Uncertain Decision Tree Classifier
Celem prac jest implementacja mechanizmu budowania drzew decyzyjnych z danych niepewnych.
- Prace bazowac beda na artykule: Uncertain Decision Tree Classifier for Mobile Context-Aware Computing
- Prace bazowac beda na kodzie: UID3
- Prace powinny implementowac klasyfikator zgodnie z konwencja sklearn
- Prace maja finalnie potwierdzic rownowaznosc implementacji Java i Python (z wylaczeniem sytuacji gdzie wersja Python poprawialaby bledne dzialanie wersji Java)

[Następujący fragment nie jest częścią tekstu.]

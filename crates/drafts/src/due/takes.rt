// Taking the next sort due, and putting more before it.
ghost use Rattle.std.specs.Prelude.{◌≡◌, ◌+◌, ◌≤◌, [], ◌∷◌, ◌++◌, length};
ghost use Rattle.drafts.specs.Dues.{pending, TakesFirst};

use super::Due;

impl Due {
    // One sort.
    pub(crate) fn one(sort: u8) -> Due
        ensures { pending result ≡ sort ∷ [] }
    {
        let mut sorts = [0; 256];
        sorts[255] = sort;
        Due { sorts, start: 255 }
    }

    // The next sort, which is then due no more.
    pub(crate) fn next(&mut self) -> Option<u8>
        ensures { TakesFirst (pending self.old) result (pending self.new) }
    {
        let sort = *self.sorts.get(self.start)?;
        self.start += 1;
        Some(sort)
    }

    // These sorts before those that are due.
    pub(crate) fn put_first(&mut self, sorts: &[u8])
        requires { length sorts.now + length (pending self.old) ≤ 256 }
        ensures { pending self.new ≡ sorts.now ++ pending self.old }
    {
        let start = self.start - sorts.len();
        self.sorts[start..self.start].copy_from_slice(sorts);
        self.start = start;
    }
}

- Do implementacji polecam wykorzystac framework nbdev
- Implementacja powinna umozliwiac rysowanie drzew z wykorzystaniem graphviz:
- Implementacja powinna umozliwiac eksport drzew do formatu HMR+, ktory zaczytywany jest przez webowy edytor HWED
- Kod powinien byc napisany i udokumentowany zgodnie z PEP8
pip install uid3
from pyuid3.data import Data
from pyuid3.uid3 import UId3
from pyuid3.uncertain_entropy_evaluator import UncertainEntropyEvaluator
data = Data.parse_uarff("../resources/weather.nominal.uncertain.arff")
uid3 = UId3()
tree = uid3.fit(data, entropyEvaluator=UncertainEntropyEvaluator(), depth=0)

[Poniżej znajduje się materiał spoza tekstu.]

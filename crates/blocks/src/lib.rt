// One block of a sheet, that of a node of the path: the sum at the node, and what of it hangs on the instant alone. Sheet and starting times are lent,
// so nothing here has a size.
#![tactic(auto)]

ghost use Rattle.std.specs.Prelude.{◌≡◌, ◌+◌, ◌<◌, ◌≤◌, length};
ghost use Rattle.least.specs.Count.{count};
ghost use Rattle.least.specs.Lists.{values};
ghost use Rattle.blocks.specs.Sheet.{entry_size, instant_slot, node_slot, block_at, entries_in, entry_at, term_of, instant_term, look_term, instant_sum, sheet_sum, Small, Looking, Shaped};

// A block for each node: what hangs on nothing, what a response bound adds to W, how many entries there are; then the entries.
pub const HEAD: usize = 3;

// An entry: where the count looks, what is added, what is taken off, period, weight.
pub const ENTRY: usize = 5;

// Where a count may look: the starting time sought, the instant, then the starting times at the nodes of the path.
pub const HERE: usize = 0;

pub const INSTANT: usize = 1;

pub const NODE: usize = 2;

// count(a − b, T).
pub fn count_of(a: u64, b: u64, t: u64) -> u64
    requires { a < 67108864 }
    ensures value { result ≡ count a b t }
    ensures upper_bound { result ≤ a + 1 }
{
    if a < b {
        return 0;
    }
    if t == 0 {
        return 1;
    }
    1 + (a - b) / t
}

// What the entry at k adds to the sum where its count looks at x.
fn term(e: &[u64], k: usize, x: u64) -> u64
    requires { (k + entry_size ≤ length e.now) × (length e.now ≤ 16777216) × Small e.now × (x < 16777216) }
    ensures value { result ≡ term_of e.now (λ l. x) k }
    ensures upper_bound { result < 562949953421312 }
{
    let weight = e[k + 4];
    if weight == 0 {
        return 0;
    }
    let plus = e[k + 1];
    let less = e[k + 2];
    let period = e[k + 3];
    count_of(x + plus, less, period) * weight
}

// What it adds at the instant u, if its count looks at the instant.
pub fn instant_term(e: &[u64], k: usize, u: u64) -> u64
    requires { (k + entry_size ≤ length e.now) × (length e.now ≤ 16777216) × Small e.now × (u < 16777216) }
    ensures value { result ≡ instant_term e.now u k }
    ensures upper_bound { result < 562949953421312 }
{
    let look = e[k] as usize;
    if look == INSTANT {
        return term(e, k, u);
    }
    0
}

// The sum so far and what it adds, if its count looks elsewhere.
fn add_look(e: &[u64], v: &[u64], k: usize, sum: u64) -> u64
    requires { (k + entry_size ≤ length e.now) × (length e.now ≤ 16777216) × Small e.now × Small v.now × (values e.now k < length v.now) × (sum < 1152921504606846976) }
    ensures value { result ≡ sum + look_term e.now (values v.now) k }
    ensures upper_bound { result < sum + 562949953421312 }
{
    let look = e[k] as usize;
    if look == INSTANT {
        return sum;
    }
    sum + term(e, k, v[look])
}

// Where the block of node p begins, which stands in the sheet whole.
pub fn block_at(e: &[u64], p: usize) -> usize
    requires { Shaped e.now (p + 1) }
    ensures value { result ≡ block_at e.now p }
    ensures p_in_bounds { (entry_at e.now p (entries_in e.now p) ≤ length e.now) × (entries_in e.now p ≤ 1024) }
{
    1 + p * e[0] as usize
}

// The sum at node p, from what of it hangs on the instant alone.
fn sum_looking(e: &[u64], v: &[u64], p: usize, kept: u64) -> u64
    requires { Shaped e.now (p + 1) × Small v.now × (node_slot p < length v.now) × (kept ≡ instant_sum e.now p (values v.now instant_slot)) }
    ensures value { result ≡ sheet_sum e.now p (values v.now) }
    ensures upper_bound { result < 2305843009213693952 }
{
    let at = block_at(e, p);
    let n = e[at + 2] as usize;
    let mut sum = kept;
    for q in 0..n {
        sum = add_look(e, v, at + HEAD + q * ENTRY, sum);
    }
    sum
}

// The same; where no count looks at a starting time, nothing is added.
pub fn sum_at(e: &[u64], v: &[u64], p: usize, kept: u64, looks: u64) -> u64
    requires { Shaped e.now (p + 1) × Small v.now × (node_slot p < length v.now) × (kept ≡ instant_sum e.now p (values v.now instant_slot)) × Looking e.now p looks }
    ensures value { result ≡ sheet_sum e.now p (values v.now) }
    ensures upper_bound { result < 2305843009213693952 }
{
    if looks == 0 {
        return kept;
    }
    sum_looking(e, v, p, kept)
}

instance = data.instances[0]
prediction = uid3.predict(instance)
Please, read the official tutorial first.
- Clone the repository and install requirements.
- Start jupyter notebook in project's folder and open it in your browser.
- Click on New -> Terminal in the right upper corner.
- First, run nbdev_install_git_hooks to avoid conflicts.
- Apply changes to notebooks in ./src folder.
- Build library using nbdev_build_lib command. This will create pyuid3 folder in project's root directory.
- To be able to build documentation you must make sure that previously created pyuid3 folder is also present (and updated!) in ./src directory. Therefore, you should go to .src/ folder and create simlink to pyuid3 by executing the following command: 'ln -s ../pyuid3 pyuid3'. Please, make sure that simlink was created properly. In my case, I have to delete the ./src/pyuid3 folder first (if it already exists) before creating simlink to pyuid3, otherwise it will not be properly updated.
- Now you should be able to build documentation using nbdev_build_docs command. If any errors occured, you have to fix them first. The error we were often facing was caused by nested imports i.e. when class A imports class B, and class B imports class A.
- Commit your changes and push to gitlab to see if the page can be deployed.
- Nested imports (i.e. when class A imports class B, and class B imports class A) are causing errors.
- Some notebooks' documentation is looking different than the others', despite all source notebooks having the same structure. See: Data, DataScrambler, Instance, ParseException, UId3, UncertainEntropyEvaluator.
- In order for UId3 class to be consistent with sklearn estimators, in fit method, Data object 'data' should be split into array-like 'X' and 'y' and then fit should be rewritten as 'fit(X, y)'. Similarly, predict method should take array-like 'X', not Instance object. However, I think these improvements would require many changes not only in algorithm implementation but in the entire project's structure in general.